** Data to use follows **
//! A gate before the calls on an evdev: that of a device whose history is full, and which looks at the gate. Which
//! steps a full history refuses, and where actors stop then, is shown by the records of `tests/records`.

use inp_edge::Gate;
use inp_model::{Evdev, Injected, Refusal, Reply, Stamped, Step, Taken};
use inp_script::Gated;
use std::sync::atomic::{AtomicU64, Ordering};
use std::test::Fail;

/// A keyboard whose history has the one step that it may have, and no client. So each step is refused. At each call it
/// looks how often the gate was passed so far.
#[derive(Drop)]
struct FullDevice<'a> {
    gate: &'a NotingGate,
    passed: &'a AtomicU64,
}

impl<'a> FullDevice<'a> {
    fn look(&self) {
        let times = self.gate.times.load(Ordering::SeqCst);
        self.passed.store(times, Ordering::SeqCst);
    }
}

impl<'a> Evdev for FullDevice<'a> {
    ghost use Rattle.std.specs.Prelude.{[], ◌∷◌, None};
    ghost use Rattle.inp_model.specs.declared.step.Step.TheVariants.{End};
    ghost use Rattle.inp_model.specs.Description.{one_key};

    ghost told = { λ device. record {
      description = record one_key { log_limit = 1 };
      seen = End ∷ [];
      own = [];
      agains = 0;
      turns = None;
      tie = None;
    } };

    fn call(&mut self, step: Step, _out: &mut [Taken], _cells: &mut [i32]) -> Reply {
        self.look();
        let why = match step.client() {
            Some(_) => Refusal::BadClient,
            None => Refusal::LogFull,
        };
        Reply::Refused { at: 1, why }
    }

    fn inject_all(&mut self, _events: &[Stamped]) -> Injected {
        self.look();
        Injected { from: 1, count: 0 }
    }
}

/// A gate that keeps what it was told last, and how often it was told something.
#[derive(Drop)]
struct NotingGate {
    times: AtomicU64,
    job: AtomicU64,
    call: AtomicU64,
}

impl Gate for NotingGate {
    ghost passed = { λ _ _ _. Unit {0} };

    fn before(&self, job: u32, call: u32) {
        let _before = self.times.fetch_add(1, Ordering::SeqCst);
        self.job.store(u64::from(job), Ordering::SeqCst);
        self.call.store(u64::from(call), Ordering::SeqCst);
    }
}

/// Makes a call that is refused, or one that injects no event.
fn end<E: Evdev>(dev: &mut E, is_step: bool) {
    if is_step {
        dev.call(Step::End, &mut [], &mut []);
    } else {
        dev.inject_all(&[]);
    }
}

// It fails where a gate is passed after a call, or twice.
#[test]
fn a_gate_is_passed_once_before_each_call(rt: HostRuntime) -> Result<(), Fail> {
    let gate = NotingGate {
        times: AtomicU64::new(0),
        job: AtomicU64::new(0),
        call: AtomicU64::new(0),
    };
    let passed = AtomicU64::new(0);
    let device = FullDevice {
        gate: &gate,
        passed: &passed,
    };
    let mut dev = Gated::new(device, &gate, 7);
    assert_eq!(rt; gate.times.load(Ordering::SeqCst), 0, "no call yet");
    for call in 0..4 {
        end(&mut dev, call < 3);
        assert_eq!(rt;
            passed.load(Ordering::SeqCst),
            call + 1,
            "so often before it"
        );
        assert_eq!(rt; gate.times.load(Ordering::SeqCst), call + 1);
        assert_eq!(rt; gate.job.load(Ordering::SeqCst), 7);
        assert_eq!(rt; gate.call.load(Ordering::SeqCst), call);
    }
    Ok(())
}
** End of Data to use **
* What you need to do
Write out a verbatim copy of the data, beginning with its first line and ending with the line that contains "fn end<E: Evdev>(dev: &mut".

* Answer below
//! A gate before the calls on an evdev: that of a device whose history is full, and which looks at the gate. Which
//! steps a full history refuses, and where actors stop then, is shown by the records of `tests/records`.

use inp_edge::Gate;
use inp_model::{Evdev, Injected, Refusal, Reply, Stamped, Step, Taken};
use inp_script::Gated;
use std::sync::atomic::{AtomicU64, Ordering};
use std::test::Fail;

/// A keyboard whose history has the one step that it may have, and no client. So each step is refused. At each call it
/// looks how often the gate was passed so far.
#[derive(Drop)]
struct FullDevice<'a> {
    gate: &'a NotingGate,
    passed: &'a AtomicU64,
}

impl<'a> FullDevice<'a> {
    fn look(&self) {
        let times = self.gate.times.load(Ordering::SeqCst);
        self.passed.store(times, Ordering::SeqCst);
    }
}

impl<'a> Evdev for FullDevice<'a> {
    ghost use Rattle.std.specs.Prelude.{[], ◌∷◌, None};
    ghost use Rattle.inp_model.specs.declared.step.Step.TheVariants.{End};
    ghost use Rattle.inp_model.specs.Description.{one_key};

    ghost told = { λ device. record {
      description = record one_key { log_limit = 1 };
      seen = End ∷ [];
      own = [];
      agains = 0;
      turns = None;
      tie = None;
    } };

    fn call(&mut self, step: Step, _out: &mut [Taken], _cells: &mut [i32]) -> Reply {
        self.look();
        let why = match step.client() {
            Some(_) => Refusal::BadClient,
            None => Refusal::LogFull,
        };
        Reply::Refused { at: 1, why }
    }

    fn inject_all(&mut self, _events: &[Stamped]) -> Injected {
        self.look();
        Injected { from: 1, count: 0 }
    }
}

/// A gate that keeps what it was told last, and how often it was told something.
#[derive(Drop)]
struct NotingGate {
    times: AtomicU64,
    job: AtomicU64,
    call: AtomicU64,
}

impl Gate for NotingGate {
    ghost passed = { λ _ _ _. Unit {0} };

    fn before(&self, job: u32, call: u32) {
        let _before = self.times.fetch_add(1, Ordering::SeqCst);
        self.job.store(u64::from(job), Ordering::SeqCst);
        self.call.store(u64::from(call), Ordering::SeqCst);
    }
}

/// Makes a call that is refused, or one that injects no event.
fn end<E: Evdev>(dev: &mut E, is_step: bool) {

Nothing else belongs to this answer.